The Hanged Man is suspended, upside-down, by his still-incomplete thesis. Given the calm expression on his face, it appears he hasn’t been on any academic job-search boards yet. Around The Hanged Man’s Head is a yellow halo, depicting the fondness he feels toward his Freshman seminar students. This fond feeling will soon cease. The Hanged Man’s number is 12, reflecting the number of years he has spent in grad school thus far.

 

 

 

 

 

 

 

 

The High Priestess is high. She sits at the gate before the great mystery of experimental literature, passing beneath a narrative arc on ionic corinthian pillars. She no longer goes from point A to point B, but from point B to point J. She sits between darkness and light, half enlightened by the experimental text on her lap and half not knowing what the hell is going on.
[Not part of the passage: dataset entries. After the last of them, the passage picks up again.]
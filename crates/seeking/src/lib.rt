//! Looks for an order of calls that explains what is known of them, or for a witness that there is none. Nothing here
//! is proved but that it ends and is safe: what it finds is judged elsewhere.
#![tactic(auto)]

mod blocks;
mod calls;
mod empties;
mod items;
mod matching;
mod pieces;
mod ranks;
mod searching;

pub use calls::{Calls, Known, KnownCall, NEVER};
pub use searching::{Found, search};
The tapestry hung between the pillars keeps punctuation out.

 

 

 

 

 

 

 

 

The Knight of Wands is an impulsive type of dude who frequently posts his rough drafts to Fictionaut. He provides status updates about his divorce roughly every four – six minutes. Drawing The Knight of Wands card in a tarot reading may foreshadow an unexpected event in one’s life, such as being cornered by The Knight of Wands at a “literary reception” and forced to talk with him about Bolano for over an hour. The Knight of Wands is the patron saint of open mic nights.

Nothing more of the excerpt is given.